Middle Management: Evaluating New Insights to Obesity and Weight Control Options

June2022CoverEN

As obesity continues to reach epidemic proportions, endocrine researchers are at the forefront of discovering new methods to help clinicians and patients alike to manage and even conquer obesity and its plethora of comorbidities. Here, we look at three recent studies that take these solutions from the bench to the bedside and even to the sidewalks.

Obesity and its sequelae continue to jeopardize patients’ health and keep our healthcare system in a tailspin. But researchers are doing their utmost to bring new insights into this complex disease to help clinicians and patients better manage obesity and its comorbidities and maybe even prevent them.

In addition, as dedicated as researchers and clinicians have been in battling this public health epidemic, some help from policymakers and stakeholders outside the medical sphere would bring us much closer to winning this war.

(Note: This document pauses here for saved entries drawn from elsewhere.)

//! Requests of popups that are refused: the first error of each, and its text.

use crate::parts::{Case, Part};
use crate::support::{GET_POPUP, missed_after_toplevel};
use test_rows::asks::Ask;
use test_rows::events::Event;
use test_rows::rows::Row;

/// The positioner 16 has no size, or no rectangle.
const NO_SIZE: &[Row] = &[
    Row::Sends(Ask::CreatePositioner(5, 16)),
    Row::Sends(Ask::SetAnchorRect(16, 0, 0, 40, 40)),
];

const NO_RECTANGLE: &[Row] = &[
    Row::Sends(Ask::CreatePositioner(5, 16)),
    Row::Sends(Ask::SetSize(16, 8, 8)),
];

const INVALID_POSITIONER: &[Row] = &[
    Row::Errs(GET_POPUP, 5, 5),
    Row::ErrorTold(5, 5, b"invalid_positioner"),
];

/// The parent is null, the xdg_surface itself, or one without a role object.
const NULL_PARENT: &[Row] = &[
    Row::Errs(Ask::GetPopup(15, 17, 0, 16), 5, 3),
    Row::ErrorTold(5, 3, b"invalid_popup_parent"),
];

const OWN_PARENT: &[Row] = &[Row::Errs(Ask::GetPopup(15, 17, 15, 16), 5, 3)];

const BARE_PARENT: &[Row] = &[
    Row::Sends(Ask::CreateSurface(3, 22)),
    Row::Sends(Ask::GetXdgSurface(5, 23, 22)),
    Row::Errs(Ask::GetPopup(15, 17, 23, 16), 5, 3),
];

/// The parent is looked at before the positioner.
const PARENT_FIRST: &[Row] = &[Row::Errs(Ask::GetPopup(15, 17, 0, 16), 5, 3)];

/// The xdg_surface has a popup already.
const SECOND_POPUP: &[Row] = &[
    Row::Sends(GET_POPUP),
    Row::Errs(Ask::GetPopup(15, 20, 7, 16), 15, 2),
    Row::ErrorTold(15, 2, b"already_constructed"),
];

/// Its popup went: the surface keeps the role of one, and gets no toplevel.
const OTHER_ROLE: &[Row] = &[
    Row::Sends(GET_POPUP),
    Row::Accepts(Ask::ToplevelDestroy(17), &[Event::DeleteId(17)]),
    Row::Errs(Ask::GetToplevel(15, 17), 5, 0),
    Row::ErrorTold(5, 0, b"role"),
];

/// Another popup of it is as good as the first.
const SAME_ROLE: &[Row] = &[
    Row::Sends(GET_POPUP),
    Row::Accepts(Ask::ToplevelDestroy(17), &[Event::DeleteId(17)]),
];

/// The xdg_surface doesn't go before its popup, nor the wl_surface before that.
const XDG_SURFACE_FIRST: &[Row] = &[
    Row::Sends(GET_POPUP),
    Row::Errs(Ask::XdgSurfaceDestroy(15), 15, 6),
    Row::ErrorTold(15, 6, b"defunct_role_object"),
];

/// A buffer before the popup was configured.
const BUFFER_FIRST: &[Row] = &[
    Row::Sends(GET_POPUP),
    Row::Sends(Ask::Attach(14, 10)),
    Row::Errs(Ask::Commit(14), 15, 3),
    Row::ErrorTold(15, 3, b"unconfigured_buffer"),
];

/// A request of the xdg_popup by a number that it doesn't have.
const NO_METHOD: &[Row] = &[
    Row::Sends(GET_POPUP),
    Row::Errs(Ask::Reposition(17, 16, 1), 1, 1),
    Row::ErrorTold(1, 1, b"invalid_method"),
];

/// For what its positioner or its parent is.
const BY_POSITIONER_OR_PARENT: &[Case] = &[
    (
        "a positioner has a size",
        &[
            Part::Surface,
            Part::Own(NO_SIZE),
            Part::Own(INVALID_POSITIONER),
        ],
    ),
    (
        "a positioner has a rectangle",
        &[
            Part::Surface,
            Part::Own(NO_RECTANGLE),
            Part::Own(INVALID_POSITIONER),
        ],
    ),
    (
        "no popup is on nothing",
        &[Part::Surface, Part::Positioner, Part::Own(NULL_PARENT)],
    ),
    (
        "none is on itself",
        &[Part::Surface, Part::Positioner, Part::Own(OWN_PARENT)],
    ),
    (
        "none is on an xdg_surface without a role object",
        &[Part::Surface, Part::Positioner, Part::Own(BARE_PARENT)],
    ),
    (
        "the parent is looked at first",
        &[Part::Surface, Part::Own(NO_SIZE), Part::Own(PARENT_FIRST)],
    ),
];

/// For what its surface is or was.
const BY_SURFACE: &[Case] = &[
    (
        "an xdg_surface has one popup",
        &[Part::Surface, Part::Positioner, Part::Own(SECOND_POPUP)],
    ),
    (
        "a popup's surface gets no toplevel",
        &[Part::Surface, Part::Positioner, Part::Own(OTHER_ROLE)],
    ),
    (
        "it gets another popup",
        &[
            Part::Surface,
            Part::Positioner,
            Part::Own(SAME_ROLE),
            Part::Popup,
        ],
    ),
    (
        "an xdg_surface doesn't go before its popup",
        &[
            Part::Surface,
            Part::Positioner,
            Part::Own(XDG_SURFACE_FIRST),
        ],
    ),
    (
        "a buffer waits for the configure",
        &[Part::Surface, Part::Positioner, Part::Own(BUFFER_FIRST)],
    ),
    (
        "a popup isn't placed anew at version 1",
        &[Part::Surface, Part::Positioner, Part::Own(NO_METHOD)],
    ),
];

#[test]
fn positioners_and_parents_are_refused_as_worked(rt: HostRuntime) {
    assert_eq!(rt;
        missed_after_toplevel(rt.alloc(), BY_POSITIONER_OR_PARENT),
        None
    );
}

#[test]
fn surfaces_are_refused_as_worked(rt: HostRuntime) {
    assert_eq!(rt; missed_after_toplevel(rt.alloc(), BY_SURFACE), None);
}
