//! A popup of a popup, as a submenu is: it stands by its parent, goes with it, and is dismissed
//! before it.

use crate::parts::{Case, Part};
use crate::support::{ATTACH_18, COMMIT_14, DETACH_14, RELEASED_18, missed_after_toplevel};
use test_rows::asks::Ask;
use test_rows::begun::COMMIT;
use test_rows::events::Event;
use test_rows::rows::{Pixel, Row};

/// The menu is shown.
const MENU: &[Row] = &[Row::Paints(64, 64)];

/// The positioner 21 places a popup of 4 by 4 pixels 8 pixels to the left and up of its parent.
pub(crate) const POSITIONER_21: &[Row] = &[
    Row::Sends(Ask::CreatePositioner(5, 21)),
    Row::Sends(Ask::SetSize(21, 4, 4)),
    Row::Sends(Ask::SetAnchorRect(21, 0, 0, 1, 1)),
    Row::Sends(Ask::SetAnchor(21, 5)),
    Row::Sends(Ask::SetGravity(21, 8)),
    Row::Sends(Ask::SetOffset(21, -8, -8)),
];

pub(crate) const COMMIT_22: Ask = Ask::Commit(22);

/// The surface 22 with its xdg_surface 23 has the popup 24 on that of the surface 14.
pub(crate) const SUBMENU: &[Row] = &[
    Row::Sends(Ask::CreateSurface(3, 22)),
    Row::Sends(Ask::GetXdgSurface(5, 23, 22)),
    Row::Sends(Ask::GetPopup(23, 24, 15, 21)),
    Row::Accepts(
        COMMIT_22,
        &[
            Event::PopupConfigure(24, -8, -8, 4, 4),
            Event::Configure(23, 3),
        ],
    ),
];

/// wl_surface.attach of the surface 22 of the buffer 25, of 4 by 4 pixels at the start of the pool
/// 9.
pub(crate) const ATTACH_25: Ask = Ask::Attach(22, 25);

/// It is mapped and shown at (32, 32), above the toplevel.
pub(crate) const SUBMENU_MAPS: &[Row] = &[
    Row::Sends(Ask::AckConfigure(23, 3)),
    Row::Sends(Ask::CreateBuffer(9, 25, 0, 4, 4, 16, 1)),
    Row::Sends(ATTACH_25),
    Row::Sends(COMMIT_22),
    Row::Silent(1),
    Row::Shows(16, 16, &[Pixel(32, 32, 255, 0, 0)]),
];

/// The corner of the toplevel's window geometry moves both.
const TOPLEVEL_MOVES: &[Row] = &[
    Row::Sends(Ask::SetWindowGeometry(7, 4, 4, 32, 32)),
    Row::Sends(COMMIT),
    Row::Shows(
        144,
        144,
        &[Pixel(44, 44, 255, 0, 0), Pixel(40, 40, 0, 0, 0)],
    ),
];

/// The corner of the menu's own geometry moves the menu alone: it is taken off in its place and
/// added again where its popups stand.
const MENU_MOVES: &[Row] = &[
    Row::Sends(Ask::SetWindowGeometry(15, 2, 3, 4, 4)),
    Row::Sends(COMMIT_14),
    Row::Shows(98, 98, &[Pixel(38, 37, 255, 0, 0), Pixel(46, 46, 0, 0, 0)]),
];

/// The menu's offset moves both (wayland.xml, wl_surface.attach).
const MENU_IS_OFFSET: &[Row] = &[
    Row::Sends(Ask::AttachAt(14, 18, 8, 0)),
    Row::Sends(COMMIT_14),
    Row::Shows(
        160,
        160,
        &[
            Pixel(48, 40, 255, 0, 0),
            Pixel(55, 47, 255, 0, 0),
            Pixel(47, 40, 0, 0, 0),
            Pixel(40, 35, 255, 0, 0),
            Pixel(43, 32, 255, 0, 0),
        ],
    ),
];

/// The menu is unmapped, and its submenu with it; and both come back with the menu.
const MENU_UNMAPS: &[Row] = &[
    Row::Sends(DETACH_14),
    Row::Accepts(COMMIT_14, &[RELEASED_18]),
    Row::Shows(80, 80, &[Pixel(40, 40, 0, 0, 0)]),
    Row::Sends(COMMIT_14),
    Row::Takes,
    Row::Sends(Ask::AckConfigure(15, 4)),
    Row::Sends(ATTACH_18),
    Row::Sends(COMMIT_14),
    Row::Shows(80, 80, &[Pixel(40, 40, 255, 0, 0)]),
];

/// xdg_toplevel.destroy dismisses the newest first, after the toplevel's id was given back.
const TOPLEVEL_GOES: &[Row] = &[
    Row::Accepts(
        Ask::ToplevelDestroy(8),
        &[
            Event::DeleteId(8),
            Event::PopupDone(24),
            Event::PopupDone(17),
        ],
    ),
    Row::Paints(1664, 1664),
];

/// A menu with a submenu doesn't go before that.
const MENU_GOES_FIRST: &[Row] = &[
    Row::Errs(Ask::PopupDestroy(17), 5, 2),
    Row::ErrorTold(5, 2, b"not_the_topmost_popup"),
];

/// The submenu goes, and then the menu.
const BOTH_GO: &[Row] = &[
    Row::Accepts(Ask::PopupDestroy(24), &[Event::DeleteId(24)]),
    Row::Paints(16, 16),
    Row::Accepts(Ask::PopupDestroy(17), &[Event::DeleteId(17)]),
    Row::Paints(64, 64),
];

/// A popup that was dismissed may be a parent still: its popup is configured, and never shown. What
/// the dismissed one commits has no effect.
const ON_DISMISSED: &[Row] = &[
    Row::Sends(Ask::ToplevelDestroy(8)),
    Row::Takes,
    Row::Paints(1664, 1664),
    Row::Sends(ATTACH_18),
    Row::Sends(COMMIT_14),
    Row::Silent(1),
];

const SUBMENU_OF_DISMISSED: &[Row] = &[
    Row::Sends(Ask::AckConfigure(23, 3)),
    Row::Sends(Ask::CreateBuffer(9, 25, 0, 4, 4, 16, 1)),
    Row::Sends(ATTACH_25),
    Row::Sends(COMMIT_22),
    Row::Silent(1),
    Row::Paints(0, 0),
];

/// It moves with its parents.
const MOVES: &[Case] = &[
    (
        "both go along with the toplevel's geometry",
        &[
            Part::Surface,
            Part::Positioner,
            Part::Popup,
            Part::PopupMaps,
            Part::Own(MENU),
            Part::Positioner21,
            Part::Submenu,
            Part::SubmenuMaps,
            Part::Own(TOPLEVEL_MOVES),
        ],
    ),
    (
        "the menu's own geometry moves the menu alone",
        &[
            Part::Surface,
            Part::Positioner,
            Part::Popup,
            Part::PopupMaps,
            Part::Own(MENU),
            Part::Positioner21,
            Part::Submenu,
            Part::SubmenuMaps,
            Part::Own(MENU_MOVES),
        ],
    ),
    (
        "the menu's offset moves both",
        &[
            Part::Surface,
            Part::Positioner,
            Part::Popup,
            Part::PopupMaps,
            Part::Own(MENU),
            Part::Positioner21,
            Part::Submenu,
            Part::SubmenuMaps,
            Part::Own(MENU_IS_OFFSET),
        ],
    ),
];

/// It is unmapped, dismissed or destroyed.
const ENDS: &[Case] = &[
    (
        "with the menu its submenu is unmapped and comes back",
        &[
            Part::Surface,
            Part::Positioner,
            Part::Popup,
            Part::PopupMaps,
            Part::Own(MENU),
            Part::Positioner21,
            Part::Submenu,
            Part::SubmenuMaps,
            Part::Own(MENU_UNMAPS),
        ],
    ),
    (
        "the newest is dismissed first",
        &[
            Part::Surface,
            Part::Positioner,
            Part::Popup,
            Part::PopupMaps,
            Part::Own(MENU),
            Part::Positioner21,
            Part::Submenu,
            Part::SubmenuMaps,
            Part::Own(TOPLEVEL_GOES),
        ],
    ),
    (
        "a menu doesn't go before its submenu",
        &[
            Part::Surface,
            Part::Positioner,
            Part::Popup,
            Part::PopupMaps,
            Part::Own(MENU),
            Part::Positioner21,
            Part::Submenu,
            Part::SubmenuMaps,
            Part::Own(MENU_GOES_FIRST),
        ],
    ),
    (
        "both go in turn",
        &[
            Part::Surface,
            Part::Positioner,
            Part::Popup,
            Part::PopupMaps,
            Part::Own(MENU),
            Part::Positioner21,
            Part::Submenu,
            Part::SubmenuMaps,
            Part::Own(BOTH_GO),
        ],
    ),
    (
        "a popup of one that was dismissed is never shown",
        &[
            Part::Surface,
            Part::Positioner,
            Part::Popup,
            Part::PopupMaps,
            Part::Own(MENU),
            Part::Positioner21,
            Part::Own(ON_DISMISSED),
            Part::Submenu,
            Part::Own(SUBMENU_OF_DISMISSED),
        ],
    ),
];

#[test]
fn submenus_move_as_worked(rt: HostRuntime) {
    assert_eq!(rt; missed_after_toplevel(rt.alloc(), MOVES), None);
}

#[test]
fn submenus_end_as_worked(rt: HostRuntime) {
    assert_eq!(rt; missed_after_toplevel(rt.alloc(), ENDS), None);
}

Three recent studies provide three different viewpoints on obesity: two examine obesity, diabetes, and renal function from two different angles and study methods, and a third explores the relationship between physical environment, obesity, and diabetes.

Obesity, Diabetes, and Renal Function

In “Obesity and Chronic Kidney Disease in U.S. Adults With Type 1 and Type 2 Diabetes Mellitus,” published in the May issue of The Journal of Clinical Endocrinology & Metabolism (JCEM), Elizabeth Selvin, PhD, MPH, of the Johns Hopkins Bloomberg School of Public Health in Baltimore, Md., and team take a look at how renal function is affected in patients with obesity and type 1diabetes.

The link between obesity, diabetes mellitus type 2, and chronic kidney disease (CKD) is well characterized, but that association in the setting of type 1 diabetes has not been fully investigated, leading the team to try to fill that gap. In addition, despite improvements in treatment, people with type 1 diabetes have a life expectancy 12 years lower than the general population, which studies suggest is due to chronic diseases, including CKD. Even so, the kidney function of patients with diabetes of either type is undertested, despite guidelines recommending testing annually.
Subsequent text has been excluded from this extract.